There are multiple ways to define the concept
of "species". The choice of definition is dependent
on the particularities of the species concerned. For
example, some species concepts apply more readily toward
sexually reproducing organisms while others lend themselves
better toward asexual organisms. Despite the diversity
of various species concepts, these various concepts
can be placed into one of three broad philosophical
approaches: interbreeding, ecological and phylogenetic.
The biological species concept (BSC) is a classic example
of the interbreeding approach. Defined by Ernst Mayr
in 1942, the BSC states that "species are groups of
actually or potentially interbreeding natural populations,
which are reproductively isolated from other such groups".
Despite its wide and long-term use, the BSC like others
is not without controversy, for example because these
concepts cannot be applied to prokaryotes, and this
is called the species problem. Some researchers have
attempted a unifying monistic definition of species,
while others adopt a pluralistic approach and suggest
that there may be a different ways to logically interpret
the definition of a species."
Barriers to reproduction between two diverging sexual
populations are required for the populations to become
new species. Gene flow may slow this process by spreading
the new genetic variants also to the other populations.

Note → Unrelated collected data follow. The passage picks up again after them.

// Keys, values and prefixes: lists of bytes within the limits of `specs/Limits.antt`.
ghost use Rattle.std.specs.Prelude.{◌≡◌, ◌⊎◌, length, IfOk, IfErr, MatchResult};
ghost use Rattle.cache_model.specs.Limits.{IsKeyLength, IsValueLength};
ghost use Rattle.std.specs.Prelude.{nat_eq, Some};
ghost use Rattle.std.specs.Ordering.{nat_cmp};
ghost use Rattle.std.specs.Cmp.{partial_equiv_from_equiv};
ghost use Rattle.std.specs.Cmp.Lexicographic.{pointwise, slice_cmp, nat_list_eq_equiv, nat_list_cmp_total, texts_ties, texts_po};
ghost use Rattle.std.proofs.Common.{rules};
ghost use Rattle.cache_model.specs.declared.faults.ModelFault.TheVariants.{KeyLength, ValueLength, Memory};

use crate::ModelFault;
use std::alloc::Global;
use std::cmp::Ordering;
use std::marker::Model;

/// The greatest length of a key and of a prefix, in bytes. The least of a key is 1.
pub const KEY_LIMIT: usize = 1024;

/// The greatest length of a value, in bytes.
pub const VALUE_LIMIT: usize = 65536;

/// A key: 1 to 1,024 bytes of any kind.
#[derive(Debug, Drop)]
pub struct Key {
    bytes: Vec<u8>,
}

impl Model for Key {
    ghost use Rattle.std.specs.Prelude.{List, ℕ, length};
    ghost use Rattle.cache_model.specs.Limits.{IsKeyLength};

    ghost Value = { List ℕ };

    ghost view = { λ key. key.bytes.items };

    ghost invariant = { λ key. IsKeyLength (length key.bytes.items) };
}

impl Key {
    /// A key of these bytes. `KeyLength` carries their number.
    pub fn of(alloc: Global, bytes: &[u8]) -> Result<Key, ModelFault>
        // Out of its limits a length is refused as such, and within them only for want of memory.
        ensures { MatchResult result
            (λ key. IsKeyLength (length bytes.now) × (key ≡ bytes.now))
            (λ fault. (IsKeyLength (length bytes.now) × (fault ≡ Memory))
            ⊎ (¬ IsKeyLength (length bytes.now) × (fault ≡ KeyLength (length bytes.now)))) }
    {
        if bytes.is_empty() || bytes.len() > KEY_LIMIT {
            return Err(ModelFault::KeyLength(bytes.len()));
        }
        let bytes = Vec::from_slice(alloc, bytes).map_err(|_| ModelFault::Memory)?;
        Ok(Key { bytes })
    }

    /// Another key of the same bytes.
    pub fn copy(&self) -> Result<Key, ModelFault>
        ensures equal { IfOk result (λ key. key ≡ self.now) }
        ensures memory { IfErr result (λ fault. fault ≡ Memory) }
    {
        let bytes = self.bytes.clone().map_err(|_| ModelFault::Memory)?;
        Ok(Key { bytes })
    }

    /// The bytes of the key.
    pub fn bytes(&self) -> &[u8]
        ensures bytes { result.now ≡ self.now }
        ensures within { IsKeyLength (length self.now) }
    {
        &self.bytes
    }
}

// Keys are compared by their bytes.
impl PartialEq for Key {
    ghost eq = { pointwise nat_eq };

    ghost laws = { partial_equiv_from_equiv nat_list_eq_equiv };

    fn eq(&self, other: &Key) -> bool {
        self.bytes() == other.bytes()
    }
}

impl Eq for Key {
    ghost laws = { nat_list_eq_equiv };
}

impl PartialOrd for Key {
    ghost partial_cmp = { λ one other. Some (slice_cmp nat_cmp one other) };

    ghost laws = { texts_po };

    fn partial_cmp(&self, other: &Key) -> Option<Ordering> {
        Some(self.cmp(other))
    }
}

impl Ord for Key {
    ghost cmp = { slice_cmp nat_cmp };

    ghost total = { nat_list_cmp_total };

    ghost matches_partial_cmp = { Prim.search rules };

    ghost matches_eq = { texts_ties };

    fn cmp(&self, other: &Key) -> Ordering {
        self.bytes().cmp(other.bytes())
    }
}

/// A value: 0 to 65,536 bytes of any kind.
#[derive(Debug, Drop)]
pub struct Value {
    bytes: Vec<u8>,
}

impl Model for Value {
    ghost use Rattle.std.specs.Prelude.{List, ℕ, length};
    ghost use Rattle.cache_model.specs.Limits.{IsValueLength};

    ghost Value = { List ℕ };

    ghost view = { λ value. value.bytes.items };

    ghost invariant = { λ value. IsValueLength (length value.bytes.items) };
}

impl Value {
    /// A value of these bytes. `ValueLength` carries their number.
    pub fn of(alloc: Global, bytes: &[u8]) -> Result<Value, ModelFault>
        // Above its limit a length is refused as such, and within it only for want of memory.
        ensures { MatchResult result
            (λ value. IsValueLength (length bytes.now) × (value ≡ bytes.now))
            (λ fault. (IsValueLength (length bytes.now) × (fault ≡ Memory))
            ⊎ (¬ IsValueLength (length bytes.now) × (fault ≡ ValueLength (length bytes.now)))) }
    {
        if bytes.len() > VALUE_LIMIT {
            return Err(ModelFault::ValueLength(bytes.len()));
        }
        let bytes = Vec::from_slice(alloc, bytes).map_err(|_| ModelFault::Memory)?;
        Ok(Value { bytes })
    }

    /// Another value of the same bytes.
    pub fn copy(&self) -> Result<Value, ModelFault>
        ensures equal { IfOk result (λ value. value ≡ self.now) }
        ensures memory { IfErr result (λ fault. fault ≡ Memory) }
    {
        let bytes = self.bytes.clone().map_err(|_| ModelFault::Memory)?;
        Ok(Value { bytes })
    }

    /// The bytes of the value.
    pub fn bytes(&self) -> &[u8]
        ensures bytes { result.now ≡ self.now }
        ensures within { IsValueLength (length self.now) }
    {
        &self.bytes
    }
}

/// What the admitted keys begin with: 0 to 1,024 bytes.
#[derive(Debug, Drop)]
pub struct Prefix {
    bytes: Vec<u8>,
}

impl Model for Prefix {
    ghost use Rattle.std.specs.Prelude.{List, ℕ, length, ◌≤◌};

    ghost Value = { List ℕ };

    ghost view = { λ prefix. prefix.bytes.items };

    ghost invariant = { λ prefix. length prefix.bytes.items ≤ 1024 };
}

impl Prefix {
    ghost use Rattle.std.specs.Prelude.{◌≤◌};

    /// A prefix of these bytes.
    pub fn of(alloc: Global, bytes: &[u8]) -> Result<Prefix, ModelFault>
        requires { length bytes.now ≤ 1024 }
        ensures equal { IfOk result (λ prefix. prefix ≡ bytes.now) }
        ensures memory { IfErr result (λ fault. fault ≡ Memory) }
    {
        let bytes = Vec::from_slice(alloc, bytes).map_err(|_| ModelFault::Memory)?;
        Ok(Prefix { bytes })
    }

    /// The bytes of the prefix.
    pub fn bytes(&self) -> &[u8]
        ensures bytes { result.now ≡ self.now }
        ensures within { length self.now ≤ 1024 }
    {
        &self.bytes
    }
}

Depending on how far two species have diverged since
their most recent common ancestor, it may still be possible
for them to produce offspring, as with horses and donkeys
mating to produce mules. Such hybrids are generally
infertile. In this case, closely related species may
regularly interbreed, but hybrids will be selected against
and the species will remain distinct. However, viable
hybrids are occasionally formed and these new species
can either have properties intermediate between their
parent species, or possess a totally new phenotype.
The importance of hybridisation in producing new species
of animals is unclear, although cases have been seen
in many types of animals, with the gray tree frog being
a particularly well-studied example.
Speciation has been observed multiple times under
both controlled laboratory conditions and in nature.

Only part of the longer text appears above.